New rexEx errors seen in objdump2itb script

In mk/Common.mk there is a target that invokes the bin/objdump2itb script. This seems to run fine under Ubuntu 22.04, but after recently updating to Ubuntu 24.04 (with Python 3.12.3), I see the following:

/opt/toolchains/corev-openhw-gcc-ubuntu2204-20240530/bin/riscv32-corev-elf-objdump \
   	-d \
       -S \
   -M no-aliases \
   -M numeric \
       -l \
   /home/mike/GitHubRepos/openhwgroup/cv32e20-dv/master/sim/uvmt/dsim_results/default/hello-world/0/test_program/hello-world.elf | /home/mike/GitHubRepos/openhwgroup/cv32e20-dv/master/bin/objdump2itb - > /home/mike/GitHubRepos/openhwgroup/cv32e20-dv/master/sim/uvmt/dsim_results/default/hello-world/0/test_program/hello-world.itb
/home/mike/GitHubRepos/openhwgroup/cv32e20-dv/master/bin/objdump2itb:77: SyntaxWarning: invalid escape sequence '\S'
 FUNC_PATTERN     = "(?P<addr>[0-9a-f]{8}) <(?P<name>\S*)>:"
/home/mike/GitHubRepos/openhwgroup/cv32e20-dv/master/bin/objdump2itb:83: SyntaxWarning: invalid escape sequence '\s'
 INST_PATTERN     = "(?P<addr>[0-9a-f]{1,8}):\t*(?P<mcode>[0-9a-f]{4}([0-9a-f]{4})?)\s{2,}(?P<asm>[a-z].*)$"
/home/mike/GitHubRepos/openhwgroup/cv32e20-dv/master/bin/objdump2itb:89: SyntaxWarning: invalid escape sequence '\S'
 SRC_FILE_PATTERN = "^(?P<dir>/\S+)/(?P<file>[^/\s]+):(?P<line>[0-9]*)$"

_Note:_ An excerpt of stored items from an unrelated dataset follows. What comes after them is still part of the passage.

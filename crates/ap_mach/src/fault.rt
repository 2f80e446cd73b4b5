// Why a file has no Mach-O reading.

/// What a file is refused for, in the order in which it is looked at: causes from `CommandSize` to `Thread` command by command.
#[derive(Clone, Copy, Debug, PartialEq, Eq)]
pub enum MachCause {
    /// The file is shorter than 32 bytes.
    Short,
    /// It doesn't begin with the magic of 64 bits, lowest byte first.
    Magic,
    /// It isn't for x86-64.
    Cpu,
    /// It isn't a program.
    FileType,
    /// It has more than 1024 commands.
    Count,
    /// The commands pass the file's end.
    CommandRange,
    /// A command's size is below 8, isn't a multiple of 8, or passes the end of the commands.
    CommandSize,
    /// A command is for a dynamic linker.
    Dynamic,
    /// A segment command is shorter than 72 bytes.
    SegmentSize,
    /// A segment's address, size or place in the file isn't a multiple of 4096.
    Aligned,
    /// A segment has more bytes in the file than in memory.
    Sizes,
    /// Its bytes pass the file's end.
    Range,
    /// It ends above 2^47.
    Top,
    /// A segment that maps something begins below the end of the last one that did.
    Order,
    /// More than 97 segments map something.
    Many,
    /// A thread command is shorter than 184 bytes, hasn't the registers of x86-64, or isn't the first.
    Thread,
    /// There is no thread command.
    NoThread,
}

/// The first refusal of a file.
#[derive(Clone, Copy, Debug, PartialEq, Eq)]
pub struct MachFault {
    pub cause: MachCause,
    /// The command, counted from 1 in the order of the file, or 0 where the cause is of the whole file.
    pub item: u16,
    /// The number that was found.
    pub value: u64,
}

As indicated by the error message, the problem is a set of three regular expressions on lines 77, 83 and 89. In all cases the SyntaxWarning: invalid escape sequence '\S' error message indicates that a backslash \ followed by the character S or s that Python does not recognize as a valid escape sequence.

I have no idea why this wasn't a problem with earlier versions of Ubuntu and/or Python3.

In a local workspace, I made the following changes:

diff --git a/bin/objdump2itb b/bin/objdump2itb
index 072397e2..ef479af8 100755
--- a/bin/objdump2itb
+++ b/bin/objdump2itb
@@ -74,19 +74,22 @@ class CFunction:
 # Regular expression to extract a function from objdump
 # Example:
 # 00000256 <end_handler_incr_mepc>:
-FUNC_PATTERN     = "(?P<addr>[0-9a-f]{8}) <(?P<name>\S*)>:"
+# Note: raw string to treat \S literally for regex
+FUNC_PATTERN     = r"(?P<addr>[0-9a-f]{8}) <(?P<name>\S*)>:"
 FUNC_RE          = re.compile(FUNC_PATTERN)
 
 # Regular expression to extract an individual instruction
 # Example:
 #      264:       00a31363                bne     t1,a0,26a <end_handler_incr_mepc2>
-INST_PATTERN     = "(?P<addr>[0-9a-f]{1,8}):\t*(?P<mcode>[0-9a-f]{4}([0-9a-f]{4})?)\s{2,}(?P<asm>[a-z].*)$"
+# Note: raw string to treat \s literally for regex
+INST_PATTERN     = r"(?P<addr>[0-9a-f]{1,8}):\t*(?P<mcode>[0-9a-f]{4}([0-9a-f]{4})?)\s{2,}(?P<asm>[a-z].*)$"
 INST_RE          = re.compile(INST_PATTERN)
 
 # Regular expression to extract a source annotation for each instruction
 # Example:
 # /work/strichmo/core-v-verif/cv32e40x/tests/programs/custom/debug_test_trigger/debugger.S:47
-SRC_FILE_PATTERN = "^(?P<dir>/\S+)/(?P<file>[^/\s]+):(?P<line>[0-9]*)$" 
+# Note: raw string to treat \S and \s literally for regex
+SRC_FILE_PATTERN = r"^(?P<dir>/\S+)/(?P<file>[^/\s]+):(?P<line>[0-9]*)$" 
 SRC_FILE_RE      = re.compile(SRC_FILE_PATTERN)
 
 parser = argparse.ArgumentParser(formatter_class=argparse.ArgumentDefaultsHelpFormatter)

This resolves the error messages, and an itb file is written out as expected, but I have no idea whether the generated itb file is correct.